The result should be every line in the data below that carries the string "Ordering".

Dataset entries:
━━━━━━

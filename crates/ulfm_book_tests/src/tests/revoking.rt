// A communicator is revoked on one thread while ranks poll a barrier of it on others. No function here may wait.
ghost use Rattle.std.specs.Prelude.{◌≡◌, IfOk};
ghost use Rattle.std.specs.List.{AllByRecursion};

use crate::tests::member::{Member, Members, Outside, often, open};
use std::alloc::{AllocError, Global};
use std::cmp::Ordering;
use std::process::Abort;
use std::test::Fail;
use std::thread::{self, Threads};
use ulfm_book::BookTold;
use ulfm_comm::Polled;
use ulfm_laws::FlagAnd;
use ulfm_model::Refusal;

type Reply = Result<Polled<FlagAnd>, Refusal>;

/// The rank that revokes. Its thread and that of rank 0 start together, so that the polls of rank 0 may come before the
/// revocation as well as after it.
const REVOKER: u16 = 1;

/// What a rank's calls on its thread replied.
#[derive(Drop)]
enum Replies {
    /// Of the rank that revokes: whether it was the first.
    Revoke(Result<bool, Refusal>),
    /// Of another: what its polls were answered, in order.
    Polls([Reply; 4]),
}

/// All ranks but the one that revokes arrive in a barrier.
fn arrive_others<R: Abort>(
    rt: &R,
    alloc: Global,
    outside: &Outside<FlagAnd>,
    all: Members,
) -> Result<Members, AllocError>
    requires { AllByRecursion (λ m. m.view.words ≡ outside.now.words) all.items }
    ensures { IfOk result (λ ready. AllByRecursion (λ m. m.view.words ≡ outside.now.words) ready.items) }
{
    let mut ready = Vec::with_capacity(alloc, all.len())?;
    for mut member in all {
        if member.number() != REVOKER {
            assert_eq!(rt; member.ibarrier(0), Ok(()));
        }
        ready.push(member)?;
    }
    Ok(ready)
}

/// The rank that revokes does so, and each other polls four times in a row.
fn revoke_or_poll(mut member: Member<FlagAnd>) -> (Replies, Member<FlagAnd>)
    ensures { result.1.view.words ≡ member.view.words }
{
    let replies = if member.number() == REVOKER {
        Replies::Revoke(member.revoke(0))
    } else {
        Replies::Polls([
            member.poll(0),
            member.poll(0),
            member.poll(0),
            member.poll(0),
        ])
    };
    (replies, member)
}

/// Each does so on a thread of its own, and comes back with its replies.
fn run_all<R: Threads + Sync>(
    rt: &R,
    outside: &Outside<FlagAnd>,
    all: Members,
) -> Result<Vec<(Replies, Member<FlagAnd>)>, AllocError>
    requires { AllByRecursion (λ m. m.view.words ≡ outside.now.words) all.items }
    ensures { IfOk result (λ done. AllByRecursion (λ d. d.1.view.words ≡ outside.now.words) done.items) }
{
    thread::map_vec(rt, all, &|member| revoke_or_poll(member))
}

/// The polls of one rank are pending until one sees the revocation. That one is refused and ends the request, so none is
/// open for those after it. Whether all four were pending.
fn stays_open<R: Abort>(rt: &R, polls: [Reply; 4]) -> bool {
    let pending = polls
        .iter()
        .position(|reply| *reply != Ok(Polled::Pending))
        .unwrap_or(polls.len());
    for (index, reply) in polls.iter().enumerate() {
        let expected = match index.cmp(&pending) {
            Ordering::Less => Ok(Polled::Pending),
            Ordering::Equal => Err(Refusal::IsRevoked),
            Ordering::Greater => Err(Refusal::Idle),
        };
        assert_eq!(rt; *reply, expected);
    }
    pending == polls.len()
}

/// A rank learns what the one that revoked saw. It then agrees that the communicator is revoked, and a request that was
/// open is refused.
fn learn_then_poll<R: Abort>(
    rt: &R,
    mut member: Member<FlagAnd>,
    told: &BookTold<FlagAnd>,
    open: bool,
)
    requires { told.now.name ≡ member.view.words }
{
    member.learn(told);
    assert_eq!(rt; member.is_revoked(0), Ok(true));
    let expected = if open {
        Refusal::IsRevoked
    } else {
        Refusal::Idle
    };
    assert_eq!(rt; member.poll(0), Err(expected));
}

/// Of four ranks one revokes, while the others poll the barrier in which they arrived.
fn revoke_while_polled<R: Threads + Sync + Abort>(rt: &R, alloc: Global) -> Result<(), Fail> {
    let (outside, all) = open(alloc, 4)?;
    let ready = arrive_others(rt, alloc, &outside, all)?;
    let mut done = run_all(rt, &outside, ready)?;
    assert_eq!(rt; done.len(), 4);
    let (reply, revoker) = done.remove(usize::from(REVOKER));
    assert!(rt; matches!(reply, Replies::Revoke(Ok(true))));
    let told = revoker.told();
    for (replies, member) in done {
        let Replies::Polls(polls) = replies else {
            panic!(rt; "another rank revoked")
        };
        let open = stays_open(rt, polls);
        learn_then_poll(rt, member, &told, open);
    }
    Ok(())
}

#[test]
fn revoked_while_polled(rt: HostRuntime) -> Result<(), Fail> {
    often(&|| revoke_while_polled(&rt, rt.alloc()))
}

━━━━━━

ANSWER BOX:
use std::cmp::Ordering;
            Ordering::Less => Ok(Polled::Pending),
            Ordering::Equal => Err(Refusal::IsRevoked),
            Ordering::Greater => Err(Refusal::Idle),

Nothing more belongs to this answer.